Grey passed the guard at the back gate with a nod—he’d worn his uniform, with the lieutenant-colonel’s insignia, to facilitate entry—and made his way down a shabby, ill-lit corridor whose scent of ancient floor polish and ghosts of boiled cabbage and burnt tea cake gave him a pleasant frisson of nostalgia. The third door on the left stood ajar, and he entered without knocking.
He was expected. Arthur Norrington greeted him without rising, and motioned him to a chair.
He’d known Norrington for years, though they were not particular friends, and found it comforting that the man seemed not to have changed at all in the years since their last meeting. Arthur was a large, soft man, whose large, slightly protruding eyes and thick lips gave him the mien of a turbot on ice: dignified and faintly reproachful.
“I appreciate your help, Arthur,” Grey said, and as he sat, deposited on the corner of the desk a small wrapped parcel. “A small token of that appreciation,” he added, waving a hand at it.
Norrington raised one thin brow and took the package, which he unwrapped with greedy fingers.
“Oh!” he said, with unfeigned delight. He turned the tiny ivory carving over gently in his large, soft hands, bringing it close to his face to see the details, entranced. “Tsuji?”
Grey shrugged, pleased with the effect of his gift. He knew nothing of netsuke himself, but knew a man who dealt in ivory miniatures from China and Japan. He had been surprised at the delicacy and artistry of the tiny thing, which showed a half-clothed woman engaged in a very athletic form of sexual congress with a naked obese gentleman with his hair in a topknot.

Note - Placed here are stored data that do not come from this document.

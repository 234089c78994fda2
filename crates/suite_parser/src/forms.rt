// The forms of a suite file's lines: its import lines (Language Reference 7.11), and `with` (8.5) round a step that has to raise.
ghost use Rattle.std.specs.Prelude.{◌≡◌};
ghost use Rattle.py_expr_shape.specs.Reads.{Gives};
ghost use Rattle.py_plain.specs.Nodes.{kind_of_expr};
ghost use Rattle.suite_grammar.specs.Forms as spec;

use py_grammar::Separator;
use py_language::{Keyword, Logical, Token};
use py_line::cut::{cut, first, lone_name};
use py_line::{ExprFault, read_form, statement};
use py_syntax::{Args, Expr, ExprKind, Line};
use pyn_base::Name;
use std::alloc::Global;
use suite_grammar::{TestForm, TopForm};

#[tactic(auto, unfolding(std::specs::Prelude::chars))]
fn lone_import(name: &Name) -> Result<TopForm, ExprFault>
    ensures { Gives result (spec.lone_import name.now) }
{
    if name.is("pytest") {
        return Ok(TopForm::Pytest);
    }
    Err(ExprFault::Refused)
}

#[tactic(auto, unfolding(std::specs::Prelude::chars))]
fn import_as(alloc: Global, name: &Name, alias: &Name) -> Result<TopForm, ExprFault>
    ensures { Gives result (spec.import_as name.now alias.now) }
{
    if alias.is("module_0") {
        return Ok(TopForm::Tested(name.to_owned(alloc)?));
    }
    Err(ExprFault::Refused)
}

/// What is after `import`.
fn import_form(alloc: Global, tokens: &[Token]) -> Result<TopForm, ExprFault>
    ensures { Gives result (spec.import_form tokens.now) }
{
    let Some((Token::Name(name), rest)) = first(tokens) else {
        return Err(ExprFault::Refused);
    };
    match first(rest) {
        None => lone_import(name),
        Some((Token::Keyword(Keyword::As), alias)) => match lone_name(alias) {
            None => Err(ExprFault::Refused),
            Some(alias) => import_as(alloc, name, alias),
        },
        Some(_) => Err(ExprFault::Refused),
    }
}

/// The form of a line at the top of a file.
#[tactic(auto, unfolding(suite_grammar::specs::Forms::top_form))]
pub fn top_form(alloc: Global, line: &Logical) -> Result<TopForm, ExprFault>
    ensures { Gives result (spec.top_form line.now) }
{
    match first(line.tokens.as_slice()) {
        Some((Token::Keyword(Keyword::Import), rest)) => import_form(alloc, rest),
        _ => Ok(TopForm::Usual(read_form(alloc, line)?)),
    }
}

#[tactic(auto, unfolding(std::specs::Prelude::chars))]
fn is_pytest(e: &Expr) -> bool
    ensures { result ≡ spec.is_pytest (kind_of_expr e.now) }
{
    match &e.kind {
        ExprKind::Name(name) => name.is("pytest"),
        _ => false,
    }
}

/// The argument that is alone, and has no name.
fn class_given(args: Args) -> Result<Expr, ExprFault>
    ensures { Gives result (spec.class_given args) }
{
    let Args { mut plain, named } = args;
    let Some(class) = plain.pop() else {
        return Err(ExprFault::Refused);
    };
    if plain.is_empty() && named.is_empty() {
        return Ok(class);
    }
    Err(ExprFault::Refused)
}

/// The class of a `with` line's item.
#[tactic(auto, unfolding(std::specs::Prelude::chars))]
fn raised_in(item: Expr) -> Result<Expr, ExprFault>
    ensures { Gives result (spec.raised_in item) }
{
    match item.kind {
        ExprKind::Method(of, name, args) => {
            if is_pytest(of.get()) && name.is("raises") {
                class_given(args)
            } else {
                Err(ExprFault::Refused)
            }
        }
        _ => Err(ExprFault::Refused),
    }
}

/// What is after `with`.
fn with_form(alloc: Global, line: Line, tokens: &[Token]) -> Result<TestForm, ExprFault>
    ensures { Gives result (spec.with_form line tokens.now) }
{
    let (before, from) = cut(Separator::Colon, tokens);
    let Some((_colon, rest)) = first(from) else {
        return Err(ExprFault::Refused);
    };
    let reader = statement::Reader { alloc, line };
    let class = raised_in(reader.expr(before)?)?;
    let body = reader.block(rest)?;
    Ok(TestForm::Raises(class, body))
}

/// The form of a line in a test.
#[tactic(auto, unfolding(suite_grammar::specs::Forms::test_form))]
pub fn test_form(alloc: Global, line: &Logical) -> Result<TestForm, ExprFault>
    ensures { Gives result (spec.test_form line.now) }
{
    match first(line.tokens.as_slice()) {
        Some((Token::Keyword(Keyword::With), rest)) => with_form(alloc, line.line, rest),
        _ => Ok(TestForm::Usual(read_form(alloc, line)?)),
    }
}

“I’m afraid it has no provenance,” he said apologetically, but Norrington waved that aside, eyes still fixed on the new treasure. After a moment, he sighed happily, then tucked the thing away in the inner pocket of his coat.
“Thank you, my lord,” he said. “As for the subject of your own inquiry, I am afraid that we have relatively little material available regarding your mysterious Mr. Beauchamp.” He nodded at the desk, where a battered, anonymous leather folder reposed. Grey could see that there was something bulky inside—something not paper; the folder was pierced, and a small piece of twine ran through it, fastening the object in place.
“You surprise me, Mr. Norrington,” he said politely, and reached for the folder. “Still, let me see what you do have, and perhaps—”
Norrington pressed his fingers flat against the file and frowned for a moment, trying to convey the impression that official secrets could not be imparted to just anyone. Grey smiled at him.
“Come off it, Arthur,” he said. “If you want to know what I know about our mysterious Mr. Beauchamp—and I assure you, you do—you’ll show me every word you have about him.”
Norrington relaxed a little, letting his fingers slide back—though still with a show of reluctance. Cocking one eyebrow, Grey picked up the leather folder and opened it. The bulky object was revealed to be a small cloth bag; beyond that, there were only a few sheets of paper. Grey sighed.